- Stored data
[Start of Attachment]
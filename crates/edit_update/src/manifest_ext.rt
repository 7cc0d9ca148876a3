//! Removes entries and features from a manifest.
ghost use Rattle.std.specs.Prelude.{◌≡◌, None, IfErr, OnOk, map, string_bytes};
ghost use Rattle.edit_tree.specs.DocumentViews.{tree_of};
ghost use Rattle.edit_update.specs.Features.{IsFeatureError, stale_strings};
ghost use Rattle.edit_update.specs.Removals.{IsTextWithout};
ghost use Rattle.edit_update.specs.RemovedEntries.{IsEntryRemovalError, RemovesEntry, entry_of};

use crate::features::remove_features;
use crate::remove::remove_table_entry;
use edit_base::errors::CargoResult;
use edit_manifest::Manifest;
use std::alloc::Global;

/// Removals from a manifest.
pub trait ManifestExt {
    /// Removes an entry from the table at a path of keys, and the table too if that leaves it empty, except
    /// the root. `Error::NoTable` where one of the keys leads to no table, `Error::NoDependency` where the
    /// table has no such entry, and `Error::EditRefused` where the document cannot be edited that way.
    fn remove_from_table(
        &mut self,
        alloc: Global,
        table_path: &[String],
        name: &str,
    ) -> CargoResult<()>;

    /// Removes the elements of features that refer to a removed dependency. If a dependency table of the
    /// package has an optional entry of this key, nothing is removed. Otherwise the elements equal to the
    /// key are removed and, if no table has an entry of this key, those that begin with the key and a slash;
    /// `dep:KEY` stays. `Error::EditRefused` where the document cannot be edited that way.
    fn gc_dep(&mut self, alloc: Global, dep_key: &str) -> CargoResult<()>;
}

impl ManifestExt for Manifest {
    fn remove_from_table(
        &mut self,
        alloc: Global,
        table_path: &[String],
        name: &str,
    ) -> CargoResult<()>
        ensures text { OnOk result (RemovesEntry (map string_bytes table_path.now) name.now
            self.old.document self.new.document) }
        // the place of the entry is empty then
        ensures gone { OnOk result
            (tree_of self.new.document (entry_of (map string_bytes table_path.now) name.now) ≡ None) }
        ensures err { IfErr result (λ _. self.new ≡ self.old) }
        ensures error { IfErr result
            (IsEntryRemovalError (map string_bytes table_path.now) name.now self.old.document) }
    {
        let document = remove_table_entry(alloc, &self.document, table_path, name)?;
        self.document = document;
        Ok(())
    }

    fn gc_dep(&mut self, alloc: Global, dep_key: &str) -> CargoResult<()>
        ensures text { OnOk result (IsTextWithout (stale_strings (tree_of self.old.document) dep_key.now)
            self.old.document.bytes self.new.document.bytes) }
        ensures err { IfErr result (λ _. self.new ≡ self.old) }
        ensures error { IfErr result (IsFeatureError dep_key.now self.old.document) }
    {
        let document = remove_features(alloc, &self.document, dep_key)?;
        self.document = document;
        Ok(())
    }
}
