//! The features of an entry joined with those of a `Dependency`.
ghost use Rattle.std.specs.Prelude.{◌≡◌, [], IfErr, IfOk, map, option_map, string_bytes, unwrap_or};
ghost use Rattle.edit_base.specs.Errors.{IsMemory};
ghost use Rattle.edit_document.specs.NewItemViews.{new_value_view};
ghost use Rattle.edit_record.specs.EachOnce.{each_once};
ghost use Rattle.edit_record.specs.ReadEntries.{features_at};
ghost use Rattle.edit_record.specs.RecordViews.{item_tree, texts_view};
ghost use Rattle.edit_update.specs.EntryUpdates.{joined_features, texts_or_none};

use edit_base::errors::{CargoResult, Error};
use edit_document::{Item, NewValue};
use edit_record::dependency::{append_texts, features_at};
use std::alloc::{AllocError, Global};
use std::collections::BTreeSet;

/// The strings of the key `features`; `None` where it is absent or no array of strings.
fn old_features(alloc: Global, entry: Item<'_>) -> CargoResult<Option<Vec<String>>>
    ensures ok { IfOk result (λ o. unwrap_or (option_map texts_view o) []
        ≡ texts_or_none (features_at (item_tree entry.entry) [])) }
    ensures error { IfErr result IsMemory }
{
    match features_at(alloc, "", entry) {
        Ok(texts) => Ok(texts),
        Err(error) => {
            if error.number() == Error::Memory.number() {
                return Err(error);
            }
            Ok(None)
        }
    }
}

/// Removes duplicates; the first of equal texts stays.
fn remove_duplicates(alloc: Global, texts: &[String]) -> Result<Vec<String>, AllocError>
    ensures { IfOk result (λ v. texts_view v ≡ each_once (map string_bytes texts.now)) }
{
    let mut seen = BTreeSet::new(alloc);
    let mut once = Vec::new(alloc);
    'texts: for text in texts {
        let added = seen.insert(text.as_str())?;
        if added {
            once.push(text.clone()?)?;
        }
    }
    Ok(once)
}

/// The features of an entry followed by new ones, without duplicates.
pub(crate) fn joined_features(
    alloc: Global,
    entry: Item<'_>,
    new: &Vec<String>,
) -> CargoResult<NewValue>
    ensures ok { IfOk result (λ v. new_value_view v
        ≡ joined_features (item_tree entry.entry) (texts_view new.now)) }
    ensures error { IfErr result IsMemory }
{
    let old = old_features(alloc, entry)?;
    let all = append_texts(old, new.clone()?)?;
    Ok(NewValue::Strings(remove_duplicates(alloc, &all)?))
}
[End of Attachment]
- Work request
Restate each entry exactly, skipping none.

- Output below
filename crates/edit_update/src/manifest_ext.rt
repository 7cc0d9ca148876a3
//! Removes entries and features from a manifest.
ghost use Rattle.std.specs.Prelude.{◌≡◌, None, IfErr, OnOk, map, string_bytes};
ghost use Rattle.edit_tree.specs.DocumentViews.{tree_of};
ghost use Rattle.edit_update.specs.Features.{IsFeatureError, stale_strings};
ghost use Rattle.edit_update.specs.Removals.{IsTextWithout};
ghost use Rattle.edit_update.specs.RemovedEntries.{IsEntryRemovalError, RemovesEntry, entry_of};

use crate::features::remove_features;
use crate::remove::remove_table_entry;
use edit_base::errors::CargoResult;
use edit_manifest::Manifest;
use std::alloc::Global;

/// Removals from a manifest.
pub trait ManifestExt {
    /// Removes an entry from the table at a path of keys, and the table too if that leaves it empty, except
    /// the root. `Error::NoTable` where one of the keys leads to no table, `Error::NoDependency` where the
    /// table has no such entry, and `Error::EditRefused` where the document cannot be edited that way.
    fn remove_from_table(
        &mut self,
        alloc: Global,
        table_path: &[String],
        name: &str,
    ) -> CargoResult<()>;

    /// Removes the elements of features that refer to a removed dependency. If a dependency table of the
    /// package has an optional entry of this key, nothing is removed. Otherwise the elements equal to the
    /// key are removed and, if no table has an entry of this key, those that begin with the key and a slash;
    /// `dep:KEY` stays. `Error::EditRefused` where the document cannot be edited that way.
    fn gc_dep(&mut self, alloc: Global, dep_key: &str) -> CargoResult<()>;
}

impl ManifestExt for Manifest {
    fn remove_from_table(
        &mut self,
        alloc: Global,
        table_path: &[String],
        name: &str,
    ) -> CargoResult<()>
        ensures text { OnOk result (RemovesEntry (map string_bytes table_path.now) name.now
            self.old.document self.new.document) }
        // the place of the entry is empty then
        ensures gone { OnOk result
            (tree_of self.new.document (entry_of (map string_bytes table_path.now) name.now) ≡ None) }
        ensures err { IfErr result (λ _. self.new ≡ self.old) }
        ensures error { IfErr result
            (IsEntryRemovalError (map string_bytes table_path.now) name.now self.old.document) }
    {
        let document = remove_table_entry(alloc, &self.document, table_path, name)?;
        self.document = document;
        Ok(())
    }

    fn gc_dep(&mut self, alloc: Global, dep_key: &str) -> CargoResult<()>
        ensures text { OnOk result (IsTextWithout (stale_strings (tree_of self.old.document) dep_key.now)
            self.old.document.bytes self.new.document.bytes) }
        ensures err { IfErr result (λ _. self.new ≡ self.old) }
        ensures error { IfErr result (IsFeatureError dep_key.now self.old.document) }
    {
        let document = remove_features(alloc, &self.document, dep_key)?;
        self.document = document;
        Ok(())
    }
}
//! The features of an entry joined with those of a `Dependency`.
ghost use Rattle.std.specs.Prelude.{◌≡◌, [], IfErr, IfOk, map, option_map, string_bytes, unwrap_or};
ghost use Rattle.edit_base.specs.Errors.{IsMemory};
ghost use Rattle.edit_document.specs.NewItemViews.{new_value_view};
ghost use Rattle.edit_record.specs.EachOnce.{each_once};
ghost use Rattle.edit_record.specs.ReadEntries.{features_at};
ghost use Rattle.edit_record.specs.RecordViews.{item_tree, texts_view};
ghost use Rattle.edit_update.specs.EntryUpdates.{joined_features, texts_or_none};

use edit_base::errors::{CargoResult, Error};
use edit_document::{Item, NewValue};
use edit_record::dependency::{append_texts, features_at};
use std::alloc::{AllocError, Global};
use std::collections::BTreeSet;

/// The strings of the key `features`; `None` where it is absent or no array of strings.
fn old_features(alloc: Global, entry: Item<'_>) -> CargoResult<Option<Vec<String>>>
    ensures ok { IfOk result (λ o. unwrap_or (option_map texts_view o) []
        ≡ texts_or_none (features_at (item_tree entry.entry) [])) }
    ensures error { IfErr result IsMemory }
{
    match features_at(alloc, "", entry) {
        Ok(texts) => Ok(texts),
        Err(error) => {
            if error.number() == Error::Memory.number() {
                return Err(error);
            }
            Ok(None)
        }
    }
}

/// Removes duplicates; the first of equal texts stays.
fn remove_duplicates(alloc: Global, texts: &[String]) -> Result<Vec<String>, AllocError>
    ensures { IfOk result (λ v. texts_view v ≡ each_once (map string_bytes texts.now)) }
{
    let mut seen = BTreeSet::new(alloc);
    let mut once = Vec::new(alloc);
    'texts: for text in texts {
        let added = seen.insert(text.as_str())?;
        if added {
            once.push(text.clone()?)?;
        }
    }
    Ok(once)
}

/// The features of an entry followed by new ones, without duplicates.
pub(crate) fn joined_features(
    alloc: Global,
    entry: Item<'_>,
    new: &Vec<String>,
) -> CargoResult<NewValue>
    ensures ok { IfOk result (λ v. new_value_view v
        ≡ joined_features (item_tree entry.entry) (texts_view new.now)) }
    ensures error { IfErr result IsMemory }
{
    let old = old_features(alloc, entry)?;
    let all = append_texts(old, new.clone()?)?;
    Ok(NewValue::Strings(remove_duplicates(alloc, &all)?))
}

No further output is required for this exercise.